→ Work instructions: Return exactly those lines of the material below that fall between the line holding "IfSome result (λ" and the line holding "which: (0 <", inclusive.

→ Source records:

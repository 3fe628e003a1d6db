// The small fields of the record by name: what a field is called, what its value is called, what has changed. The words are read aloud
// on the telephone, so a field has the same words in every line.
ghost use Rattle.std.specs.Prelude.{◌≡◌, ◌<◌, IfSome, position};
ghost use Rattle.explain.specs.Values.{whether, number_value, word_value, mark_value, label_value, value_of};

use crate::part_line::{say, say_codes, say_comma, say_count};
use crate::words;
use program::Host;
use record::{LONGEST_LABEL, Label, Small};

// Those that a frame sets together stand together, and the labels behind all others. Behind the fields stand numbers of a frame that
// have a range of their own: some go by the text mode, and the last ones are the sister's.
#[derive(Clone, Copy)]
pub enum Field {
    Mode,
    Overlay,
    Position,
    Volume,
    Hidden,
    Mute,
    Time1,
    Time2,
    Pwm,
    Backlight,
    SecondsLeft,
    Duration,
    Keypad,
    Display,
    Cursor,
    IconS,
    IconU,
    IconF,
    IconR,
    IconP,
    IconW,
    Buzzer,
    Contrast,
    Inverse,
    Brightness,
    Speaker,
    LeftLabel,
    RightLabel,
    Column,
    PictureRow,
    Row,
    Mark,
    SisterMode,
    SisterCursor,
    SisterTime1,
    SisterDuration,
    SisterIconU,
}

// All that have a value.
pub const EVERY_FIELD: &[Field] = &[
    Field::Mode,
    Field::Overlay,
    Field::Position,
    Field::Volume,
    Field::Hidden,
    Field::Mute,
    Field::Time1,
    Field::Time2,
    Field::Pwm,
    Field::Backlight,
    Field::SecondsLeft,
    Field::Duration,
    Field::Keypad,
    Field::Display,
    Field::Cursor,
    Field::IconS,
    Field::IconU,
    Field::IconF,
    Field::IconR,
    Field::IconP,
    Field::IconW,
    Field::Buzzer,
    Field::Contrast,
    Field::Inverse,
    Field::Brightness,
    Field::Speaker,
    Field::LeftLabel,
    Field::RightLabel,
];

// Words.

// An overlay and a mark are named with their value, since there may be none.
fn name_of(field: Field) -> &'static [u8] {
    match field {
        Field::Mode | Field::SisterMode => b"mode ",
        Field::Overlay | Field::Inverse => b"",
        Field::Position => b"position ",
        Field::Volume => b"volume ",
        Field::Hidden => b"hidden ",
        Field::Mute => b"mute ",
        Field::Time1 | Field::SisterTime1 => b"Time1 ",
        Field::Time2 => b"Time2 ",
        Field::Pwm => b"PWM ",
        Field::Backlight => b"backlight ",
        Field::SecondsLeft => b"seconds left ",
        Field::Duration | Field::SisterDuration => b"duration ",
        Field::Keypad => b"keypad flag ",
        Field::Display => b"display ",
        Field::Cursor | Field::SisterCursor => b"cursor ",
        Field::IconS => b"icon S ",
        Field::IconU | Field::SisterIconU => b"icon U ",
        Field::IconF => b"icon F ",
        Field::IconR => b"icon R ",
        Field::IconP => b"icon P ",
        Field::IconW => b"icon W ",
        Field::Buzzer => b"buzzer ",
        Field::Contrast => b"contrast ",
        Field::Brightness => b"brightness ",
        Field::Speaker => b"speaker volume ",
        Field::LeftLabel => b"left label ",
        Field::RightLabel => b"right label ",
        Field::Column => b"column ",
        Field::PictureRow => b"picture row ",
        Field::Row => b"row ",
        Field::Mark => b"inverse mark ",
    }
}

// Where # stands at the end, a number is said in its place, here and below.
fn range_of(field: Field) -> &'static [u8] {
    match field {
        Field::Mode => b"takes 0, 1, 5, 6, 10 or 11 to 18",
        Field::Volume => b"takes 0 to 10",
        Field::Mute | Field::IconS | Field::IconR | Field::SisterCursor => b"takes 0 or 1",
        Field::Time1 => b"takes 4 to 50",
        Field::Time2 => b"takes 0 or 4 to 50",
        Field::Duration => b"takes 1 to 255, and 0 is backlight off",
        Field::IconU => b"takes 0, 1 or 255",
        Field::IconF | Field::PictureRow => b"takes 0 to 6",
        Field::IconP => b"takes 0 to 19",
        Field::IconW => b"takes 0 to 3",
        Field::Buzzer => b"takes 0 to 255",
        Field::Contrast => b"takes 1 to 20",
        Field::Brightness => b"takes 0 to 100",
        Field::Speaker => b"takes 0 to 7",
        Field::Column => b"takes 0 to 15",
        Field::Row | Field::Mark => b"takes 0 to #",
        Field::SisterMode => b"takes 0 to 12",
        Field::SisterTime1 => b"takes 4 to 50, or 0 where Time2 is 0",
        Field::SisterDuration => b"takes 1 to 250, and 0 is backlight off",
        Field::SisterIconU => b"takes 0 to 2",
        // No frame with these is passed over.
        _ => b"",
    }
}

// What the values are called, by number.
fn values_of(field: Field) -> &'static [&'static [u8]] {
    match field {
        Field::Overlay => &[b"no overlay", b"overlay #"],
        Field::Position => &[b"0,#", b"1,#", b"2,#", b"3,#", b"4,#"],
        Field::Volume => &[b"none", b"private #", b"handsfree #"],
        Field::Hidden => &[b"no", b"yes"],
        Field::Mute | Field::Pwm | Field::Display => &[b"off", b"on"],
        Field::Backlight => &[b"off", b"on", b"auto"],
        Field::Keypad => &[b"clear", b"set"],
        Field::Cursor => &[b"not shown", b"shown"],
        Field::Inverse => &[b"no inverse mark", b"inverse mark on row #"],
        _ => &[b"#"],
    }
}

fn say_numbered(host: &Host, words: &[u8], number: u64) {
    match words.strip_suffix(b"#") {
        Some(before) => say_count(host, before, number),
        None => say(host, words),
    }
}

// What the number of a field takes, said where one is passed over.
pub fn say_takes(host: &Host, field: Field, greatest: u64) {
    say(host, name_of(field));
    say_numbered(host, range_of(field), greatest);
}

// Values.

// What is said of a field's value: which of its words and the number that stands in them or, of a label, its codes.
#[derive(Clone, Copy, PartialEq, Eq)]
pub enum Value {
    Words {
        which: u8,
        number: u8,
    },
    Codes {
        length: u8,
        codes: [u8; LONGEST_LABEL],
    },
}

// The words are the number.
fn number(number: u8) -> Option<Value>
    ensures { result ≡ number_value number }
{
    Some(Value::Words { which: 0, number })
}

// The words have no number.
fn word(which: u8) -> Option<Value>
    ensures { result ≡ word_value which }
{
    Some(Value::Words { which, number: 0 })
}

// The second words if something is so, and else the first.
fn whether(is: bool) -> Option<Value>
    ensures { result ≡ word_value (whether is) }
{
    word(is as u8)
}

// Which text row has the mark.
fn row_marked(marks: &[bool; 5]) -> Option<usize>
    ensures row { result ≡ position (λ mark. mark) marks.now }
    ensures bound { IfSome result (λ row. row < 5) }
{
    marks.iter().position(|mark| *mark)
}

fn mark(marks: &[bool; 5]) -> Option<Value>
    ensures { result ≡ mark_value marks.now }
{
    match row_marked(marks) {
        Some(row) => Some(Value::Words {
            which: 1,
            number: row as u8,
        }),
        None => word(0),
    }
}

fn label(label: Label) -> Option<Value>
    ensures { result ≡ label_value label }
{
    // By a variable: an array that is moved from field to field is not proved yet.
    let codes = label.codes;
    Some(Value::Codes {
        length: label.len,
        codes,
    })
}

// What there is of a field that has no value is only what its number takes.
pub fn value_of(s: &Small, field: Field) -> Option<Value>
    ensures same { result ≡ value_of s.now field }
{
    let p = &s.settings;
    match field {
        Field::Mode => number(p.screen.mode),
        Field::Overlay => Some(Value::Words {
            which: (0 < p.screen.overlay) as u8,
            number: p.screen.overlay,
        }),
        Field::Position => Some(Value::Words {
            which: p.screen.row,
            number: p.screen.column,
        }),
        Field::Volume => Some(Value::Words {
            which: p.volume.which,
            number: p.volume.level,
        }),
        Field::Hidden => whether(p.volume.hidden),
        Field::Mute => whether(p.volume.mute),
        Field::Time1 => number(p.times.time1.0),
        Field::Time2 => number(p.times.time2.0),
        Field::Pwm => whether(s.edition.pwm),
        Field::Backlight => word(p.backlight.mode),
        Field::SecondsLeft => number(p.backlight.left.0),
        Field::Duration => number(p.backlight.duration.0),
        Field::Keypad => whether(p.backlight.keypad),
        Field::Display => whether(p.screen.display),
        Field::Cursor => whether(p.shown),
        Field::IconS => number(p.icons.s),
        Field::IconU => number(p.icons.u),
        Field::IconF => number(p.icons.f),
        Field::IconR => number(p.icons.r),
        Field::IconP => number(p.icons.p),
        Field::IconW => number(p.icons.w),
        Field::Buzzer => number(p.buzzer.0),
        Field::Contrast => number(p.contrast),
        Field::Inverse => mark(&p.inverse),
        Field::Brightness => number(s.edition.brightness),
        Field::Speaker => number(s.edition.speaker),
        Field::LeftLabel => label(p.left),
        Field::RightLabel => label(p.right),
        _ => None,
    }
}

fn say_value(host: &Host, field: Field, value: Option<Value>) {
    match value {
        Some(Value::Words { which, number }) => {
            if let Some(words) = values_of(field).get(which as usize) {
                say_numbered(host, words, number as u64);
            }
        }
        Some(Value::Codes { length, codes }) => {
            say(host, words::OPENING);
            say_codes(host, &codes[..(length as usize).min(LONGEST_LABEL)]);
            say(host, words::CLOSING);
        }
        None => {}
    }
}

// Changes.

// The fields that have changed, each with the value before. Says whether anything has been said by then.
pub fn say_changes(host: &Host, fields: &[Field], was: &Small, is: &Small, said: bool) -> bool {
    let mut any = said;
    for &field in fields {
        let before = value_of(was, field);
        let now = value_of(is, field);
        if before == now {
            continue;
        }
        say_comma(host, any);
        say(host, name_of(field));
        say_value(host, field, before);
        say(host, words::TO);
        say_value(host, field, now);
        any = true;
    }
    any
}

// The fields with their values, whether these have changed or not.
pub fn say_values(host: &Host, fields: &[Field], is: &Small) {
    for (k, &field) in fields.iter().enumerate() {
        say_comma(host, k > 0);
        say(host, name_of(field));
        say_value(host, field, value_of(is, field));
    }
}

→ Answer box:
    ensures bound { IfSome result (λ row. row < 5) }
{
    marks.iter().position(|mark| *mark)
}

fn mark(marks: &[bool; 5]) -> Option<Value>
    ensures { result ≡ mark_value marks.now }
{
    match row_marked(marks) {
        Some(row) => Some(Value::Words {
            which: 1,
            number: row as u8,
        }),
        None => word(0),
    }
}

fn label(label: Label) -> Option<Value>
    ensures { result ≡ label_value label }
{
    // By a variable: an array that is moved from field to field is not proved yet.
    let codes = label.codes;
    Some(Value::Codes {
        length: label.len,
        codes,
    })
}

// What there is of a field that has no value is only what its number takes.
pub fn value_of(s: &Small, field: Field) -> Option<Value>
    ensures same { result ≡ value_of s.now field }
{
    let p = &s.settings;
    match field {
        Field::Mode => number(p.screen.mode),
        Field::Overlay => Some(Value::Words {
            which: (0 < p.screen.overlay) as u8,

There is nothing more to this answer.